In math, we've been studying constant rate of change (grown up language only) by thinking about penny jar situations. A penny jar situation might sound like this: I start with 4 pennies in a jar. Each round, I add 5 more pennies to the jar, so after round 1, there are 9 pennies in the jar, and after round 2, there are 14 pennies in the jar. We've been talking about how you can figure out how many pennies are in the jar after any round without having to know how many pennies were in the jar in the previous rounds. There are a bunch of ways to think about this.
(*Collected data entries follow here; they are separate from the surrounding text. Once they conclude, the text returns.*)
use super::{BadWords, Job, TapeName, Words, hex_bytes, keys_path, read_words, tape_name, wire_of};
use mask_tasks::{KeySize, LeaSize, Named, Task};
use std::alloc::{AllocError, Global};
use std::test::Fail;

fn words_of(alloc: Global, list: &[&str]) -> Result<Words, AllocError> {
    let mut words = Words::new(alloc);
    for word in list {
        if words.len() < 1_000_000 {
            words.push(word)?;
        }
    }
    Ok(words)
}

// Encryption by PRESENT.
fn enc(size: KeySize, iv: u64, order: u32) -> Job {
    Job::Enc {
        task: Task::Present { size, iv },
        order,
    }
}

// Encryption by LEA.
fn enc_lea(size: LeaSize, iv: u128, order: u32) -> Job {
    Job::Enc {
        task: Task::Lea { size, iv },
        order,
    }
}

#[test]
fn reads_the_words_of_enc(rt: HostRuntime) -> Result<(), Fail> {
    let cases: [(&[&str], Job); 3] = [
        (
            &["k", "t", "enc", "present-80", "1", "0000000000000000"],
            enc(KeySize::K80, 0, 1),
        ),
        (
            &["k", "t", "enc", "present-80", "7", "fFfFffffFFFFffff"],
            enc(KeySize::K80, 18_446_744_073_709_551_615, 7),
        ),
        (
            &["k", "t", "enc", "present-128", "2", "0123456789abCDEF"],
            enc(KeySize::K128, 0x0123_4567_89ab_cdef, 2),
        ),
    ];
    for (list, job) in cases {
        let words = words_of(rt.alloc(), list)?;
        assert_eq!(rt; read_words(&words), Ok(job));
    }
    Ok(())
}

#[test]
fn reads_the_words_of_enc_by_lea(rt: HostRuntime) -> Result<(), Fail> {
    let cases: [(&[&str], Job); 3] = [
        (
            &[
                "k",
                "t",
                "enc",
                "lea-128",
                "1",
                "00000000000000000000000000000000",
            ],
            enc_lea(LeaSize::K128, 0, 1),
        ),
        (
            &[
                "k",
                "t",
                "enc",
                "lea-192",
                "7",
                "fFfFffffFFFFffffFfffffffffffffff",
            ],
            enc_lea(
                LeaSize::K192,
                340_282_366_920_938_463_463_374_607_431_768_211_455,
                7,
            ),
        ),
        (
            &[
                "k",
                "t",
                "enc",
                "lea-256",
                "2",
                "0123456789abCDEF00112233445566aA",
            ],
            enc_lea(LeaSize::K256, 0x0123_4567_89ab_cdef_0011_2233_4455_66aa, 2),
        ),
    ];
    for (list, job) in cases {
        let words = words_of(rt.alloc(), list)?;
        assert_eq!(rt; read_words(&words), Ok(job));
    }
    Ok(())
}

#[test]
fn reads_the_words_of_enc_by_trivium(rt: HostRuntime) -> Result<(), Fail> {
    let list = ["k", "t", "enc", "trivium", "3", "0123456789abCDEF00fF"];
    let words = words_of(rt.alloc(), &list)?;
    let iv = [0x01, 0x23, 0x45, 0x67, 0x89, 0xab, 0xcd, 0xef, 0x00, 0xff];
    let task = Task::Trivium { iv };
    assert_eq!(rt; read_words(&words), Ok(Job::Enc { task, order: 3 }));
    Ok(())
}

// A tag of LightMAC.
fn mac_lightmac(size: KeySize, counter: u32, tag: u32, order: u32) -> Job {
    Job::Mac {
        task: Task::LightMac { size, counter, tag },
        order,
    }
}

// A tag of Chaskey-12.
fn mac_chaskey(tag: u32, order: u32) -> Job {
    Job::Mac {
        task: Task::Chaskey { tag },
        order,
    }
}

#[test]
fn reads_the_words_of_mac(rt: HostRuntime) -> Result<(), Fail> {
    let cases: [(&[&str], Job); 5] = [
        (
            &["k", "t", "mac", "chaskey-12", "1", "16"],
            mac_chaskey(16, 1),
        ),
        (
            &["k", "t", "mac", "chaskey-12", "7", "8"],
            mac_chaskey(8, 7),
        ),
        (
            &["k", "t", "mac", "lightmac-80", "1", "1", "8"],
            mac_lightmac(KeySize::K80, 1, 8, 1),
        ),
        (
            &["k", "t", "mac", "lightmac-80", "2", "2", "4"],
            mac_lightmac(KeySize::K80, 2, 4, 2),
        ),
        (
            &["k", "t", "mac", "lightmac-128", "7", "4", "4"],
            mac_lightmac(KeySize::K128, 4, 4, 7),
        ),
    ];
    for (list, job) in cases {
        let words = words_of(rt.alloc(), list)?;
        assert_eq!(rt; read_words(&words), Ok(job));
    }
    Ok(())
}

#[test]
fn reads_the_words_of_keys_and_circuits(rt: HostRuntime) -> Result<(), Fail> {
    let cases: [(&[&str], Job); 6] = [
        (&["k", "t", "split", "7"], Job::Split { order: 7 }),
        (&["k", "t", "join", "1"], Job::Join { order: 1 }),
        (
            &["k", "t", "emit", "present-80"],
            Job::Emit {
                circuit: Named::Present80,
            },
        ),
        (
            &["k", "t", "emit", "refresh-128"],
            Job::Emit {
                circuit: Named::Refresh128,
            },
        ),
        (
            &["k", "t", "emit", "lea-192"],
            Job::Emit {
                circuit: Named::Lea192,
            },
        ),
        (
            &["k", "t", "emit", "refresh-256"],
            Job::Emit {
                circuit: Named::Refresh256,
            },
        ),
    ];
    for (list, job) in cases {
        let words = words_of(rt.alloc(), list)?;
        assert_eq!(rt; read_words(&words), Ok(job));
    }
    Ok(())
}

#[test]
fn refuses_the_words_of_enc(rt: HostRuntime) -> Result<(), Fail> {
    let cases: [(&[&str], u32); 9] = [
        (&["k", "t", "enc"], 4),
        (&["k", "t", "enc", "des"], 4),
        (&["k", "t", "enc", "present-64", "1", "0000000000000000"], 4),
        (&["k", "t", "enc", "present-80", "8", "0000000000000000"], 5),
        (&["k", "t", "enc", "present-80", "1"], 6),
        (
            &["k", "t", "enc", "present-80", "1", "00000000000000000"],
            6,
        ),
        (&["k", "t", "enc", "present-80", "1", "000000000000000"], 6),
        (&["k", "t", "enc", "present-80", "1", "+000000000000000"], 6),
        (
            &["k", "t", "enc", "present-80", "1", "0000000000000000", "x"],
            7,
        ),
    ];
    for (list, place) in cases {
        let words = words_of(rt.alloc(), list)?;
        assert_eq!(rt; read_words(&words), Err(BadWords { place }));
    }
    Ok(())
}

#[test]
fn refuses_the_words_of_enc_by_lea(rt: HostRuntime) -> Result<(), Fail> {
    let cases: [(&[&str], u32); 7] = [
        (
            &[
                "k",
                "t",
                "enc",
                "lea-512",
                "1",
                "00000000000000000000000000000000",
            ],
            4,
        ),
        (
            &[
                "k",
                "t",
                "enc",
                "lea-128",
                "0",
                "00000000000000000000000000000000",
            ],
            5,
        ),
        (
            &[
                "k",
                "t",
                "enc",
                "lea-128",
                "8",
                "00000000000000000000000000000000",
            ],
            5,
        ),
        (&["k", "t", "enc", "lea-128", "1", "0000000000000000"], 6),
        (
            &[
                "k",
                "t",
                "enc",
                "lea-192",
                "1",
                "000000000000000000000000000000000",
            ],
            6,
        ),
        (
            &[
                "k",
                "t",
                "enc",
                "lea-256",
                "1",
                "+0000000000000000000000000000000",
            ],
            6,
        ),
        (
            &[
                "k",
                "t",
                "enc",
                "lea-256",
                "1",
                "00000000000000000000000000000000",
                "x",
            ],
            7,
        ),
    ];
    for (list, place) in cases {
        let words = words_of(rt.alloc(), list)?;
        assert_eq!(rt; read_words(&words), Err(BadWords { place }));
    }
    Ok(())
}

#[test]
fn refuses_the_words_of_enc_by_trivium(rt: HostRuntime) -> Result<(), Fail> {
    let cases: [(&[&str], u32); 6] = [
        (
            &["k", "t", "enc", "trivium-80", "1", "00000000000000000000"],
            4,
        ),
        (
            &["k", "t", "enc", "trivium", "8", "00000000000000000000"],
            5,
        ),
        (&["k", "t", "enc", "trivium", "1", "0000000000000000000"], 6),
        (&["k", "t", "enc", "trivium", "1", "0000000000000000"], 6),
        (
            &["k", "t", "enc", "trivium", "1", "0000000000000000000g"],
            6,
        ),
        (
            &["k", "t", "enc", "trivium", "1", "00000000000000000000", "x"],
            7,
        ),
    ];
    for (list, place) in cases {
        let words = words_of(rt.alloc(), list)?;
        assert_eq!(rt; read_words(&words), Err(BadWords { place }));
    }
    Ok(())
}

#[test]
fn refuses_the_words_of_mac(rt: HostRuntime) -> Result<(), Fail> {
    let cases: [(&[&str], u32); 11] = [
        (&["k", "t", "mac"], 4),
        (&["k", "t", "mac", "chaskey", "1", "16"], 4),
        (&["k", "t", "mac", "lightmac-256", "1", "1", "8"], 4),
        (&["k", "t", "mac", "chaskey-12", "8", "16"], 5),
        (&["k", "t", "mac", "chaskey-12", "1", "4"], 6),
        (&["k", "t", "mac", "lightmac-80", "1", "3", "8"], 6),
        (&["k", "t", "mac", "lightmac-80", "1", "01", "8"], 6),
        (&["k", "t", "mac", "chaskey-12", "1", "16", "x"], 7),
        (&["k", "t", "mac", "lightmac-80", "1", "1"], 7),
        (&["k", "t", "mac", "lightmac-80", "1", "1", "16"], 7),
        (&["k", "t", "mac", "lightmac-80", "1", "1", "8", "x"], 8),
    ];
    for (list, place) in cases {
        let words = words_of(rt.alloc(), list)?;
        assert_eq!(rt; read_words(&words), Err(BadWords { place }));
    }
    Ok(())
}

#[test]
fn refuses_the_words_of_keys_and_circuits(rt: HostRuntime) -> Result<(), Fail> {
    let cases: [(&[&str], u32); 6] = [
        (&["k", "t", "split", "8"], 4),
        (&["k", "t", "split", "1", "x"], 5),
        (&["k", "t", "join"], 4),
        (&["k", "t", "join", "0"], 4),
        (&["k", "t", "emit", "present-64"], 4),
        (&["k", "t", "emit", "present-80", "1"], 5),
    ];
    for (list, place) in cases {
        let words = words_of(rt.alloc(), list)?;
        assert_eq!(rt; read_words(&words), Err(BadWords { place }));
    }
    Ok(())
}

#[test]
fn reads_the_words_of_a_job(rt: HostRuntime) -> Result<(), Fail> {
    let cases: [(&[&str], Job); 5] = [
        (&["k", "t", "eval", "7", "01"], Job::Eval { order: 7 }),
        (&["k", "t", "check"], Job::Check),
        (&["k", "t", "upgrade"], Job::Upgrade),
        (&["k", "t", "probe", "1"], Job::Probe { order: 1 }),
        (
            &["k", "t", "probe", "2", "0", "4294967295"],
            Job::Probe { order: 2 },
        ),
    ];
    for (list, job) in cases {
        let words = words_of(rt.alloc(), list)?;
        assert_eq!(rt; read_words(&words), Ok(job));
    }
    Ok(())
}

#[test]
fn refuses_words_at_their_place(rt: HostRuntime) -> Result<(), Fail> {
    let cases: [(&[&str], u32); 13] = [
        (&[], 1),
        (&["k", "t"], 3),
        (&["k", "seed:00", "check"], 2),
        (&["k", "t", "check", "more"], 4),
        (&["k", "t", "eval", "0", "01"], 4),
        (&["k", "t", "eval", "8", "01"], 4),
        (&["k", "t", "eval", "1", "0"], 5),
        (&["k", "t", "probe"], 4),
        (&["k", "t", "probe", "0", "1"], 4),
        (&["k", "t", "probe", "1", "01"], 5),
        (&["k", "t", "probe", "1", "+1"], 5),
        (&["k", "t", "probe", "1", "4294967296"], 5),
        (&["k", "t", "probe", "1", "3", "x"], 6),
    ];
    for (list, place) in cases {
        let words = words_of(rt.alloc(), list)?;
        assert_eq!(rt; read_words(&words), Err(BadWords { place }));
    }
    Ok(())
}

#[test]
fn reads_the_words_of_self(rt: HostRuntime) -> Result<(), Fail> {
    let cases: [(&[&str], (u64, u32, u32)); 4] = [
        (&["k", "t", "self", "1", "4096", "1"], (1, 4096, 1)),
        (&["k", "t", "self", "0", "1", "7"], (0, 1, 7)),
        (
            &["k", "t", "self", "18446744073709551615", "1", "2"],
            (18_446_744_073_709_551_615, 1, 2),
        ),
        (
            &["k", "t", "self", "10", "1048576", "3"],
            (10, 1_048_576, 3),
        ),
    ];
    for (list, (seed, count, order)) in cases {
        let words = words_of(rt.alloc(), list)?;
        assert_eq!(rt; read_words(&words), Ok(Job::SelfRun { seed, count, order }));
    }
    Ok(())
}

#[test]
fn refuses_the_words_of_self(rt: HostRuntime) -> Result<(), Fail> {
    let cases: [(&[&str], u32); 10] = [
        (&["k", "t", "self"], 4),
        (&["k", "t", "self", "18446744073709551616", "1", "1"], 4),
        (&["k", "t", "self", "01", "1", "1"], 4),
        (&["k", "t", "self", "-1", "1", "1"], 4),
        (&["k", "t", "self", "1", "0", "1"], 5),
        (&["k", "t", "self", "1", "1048577", "1"], 5),
        (&["k", "t", "self", "1", "+1", "1"], 5),
        (&["k", "t", "self", "1", "1", "8"], 6),
        (&["k", "t", "self", "1", "1"], 6),
        (&["k", "t", "self", "1", "1", "1", "x"], 7),
    ];
    for (list, place) in cases {
        let words = words_of(rt.alloc(), list)?;
        assert_eq!(rt; read_words(&words), Err(BadWords { place }));
    }
    Ok(())
}

// The number of the last wire that `probe` names.
fn last_wire(words: &Words) -> Option<u32> {
    let count = words.len();
    match read_words(words) {
        Ok(Job::Probe { .. }) if count > 4 => Some(wire_of(words.word(count - 1))),
        _ => None,
    }
}

#[test]
fn reads_the_number_of_a_wire(rt: HostRuntime) -> Result<(), Fail> {
    let words = words_of(rt.alloc(), &["k", "t", "probe", "1", "7", "4294967295"])?;
    assert_eq!(rt; last_wire(&words), Some(4_294_967_295));
    Ok(())
}

#[test]
fn reads_what_the_first_two_words_name(rt: HostRuntime) -> Result<(), Fail> {
    let seed = "seed:00112233445566778899aAbBcCdDeEfF00112233445566778899aabbccddeeff";
    let words = words_of(rt.alloc(), &["keys", seed])?;
    assert_eq!(rt; keys_path(&words), Some("keys"));
    let TapeName::Seed(bytes) = tape_name(&words) else {
        panic!(rt; "a seed");
    };
    assert_eq!(rt; bytes[1], 0x11);
    assert_eq!(rt; bytes[31], 0xff);
    let words = words_of(rt.alloc(), &["-", "tape"])?;
    assert_eq!(rt; keys_path(&words), None);
    assert!(rt; matches!(tape_name(&words), TapeName::Path("tape")));
    for name in ["-", "seed:00"] {
        let words = words_of(rt.alloc(), &["", name])?;
        assert_eq!(rt; keys_path(&words), None);
        assert!(rt; matches!(tape_name(&words), TapeName::NoTape));
    }
    Ok(())
}

#[test]
fn reads_hexadecimal(rt: HostRuntime) -> Result<(), Fail> {
    let words = words_of(rt.alloc(), &["k", "t", "eval", "1", "0aFf"])?;
    if words.len() == 5 && read_words(&words) == Ok(Job::Eval { order: 1 }) {
        assert_eq!(rt;
            hex_bytes(rt.alloc(), words.word(4))?.as_slice(),
            [0x0a, 0xff].as_slice()
        );
    }
    Ok(())
}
For example, Charlie noticed,
"If you know the 5th round and want to know what the 8th round is, you have to find out how much is in there, or how much rounds is in between the 5th and 8th rounds. I add the number you're supposed to add (5, in this situation) three times. I add three times because that's what's in between five and eight."
Sascha L., Braden and Frey thought about it another way. They realized that as long as you know the situation, you can figure out the number of pennies after any round:
Braden and Frey expressed this idea algebraically:
One of the ideas that came up as we were exploring ways to figure out how many pennies would be in the jar after any number of rounds was doubling. It seems logical that you could double the 5th round to figure out the 10th round, for example, but we figured out that doubling doesn't work. Why not, then? Here's Jessie's work and explanation:
"The reason it doesn't work is you have a starting number. If you did not have a starting number, the doubling would be normal. In this case, our starting number is 4. 4 is throwing the doubling off. The way you can use doubling to help you find the total number of pennies in a certain round is you double the (total number of pennies in the) round you are on, and then you subtract the number you started with. But, to find it (the total number of pennies), you have to double the round too. If you're on round 2 and you used the doubling method, you would find the answer to round 4:
(14 x 2) - 4 = 24 (the number of pennies in the 8th round)
We would love to answer your questions. It would be very 2011 if you posted questions as comments, and students could respond. :)
Have a great weekend!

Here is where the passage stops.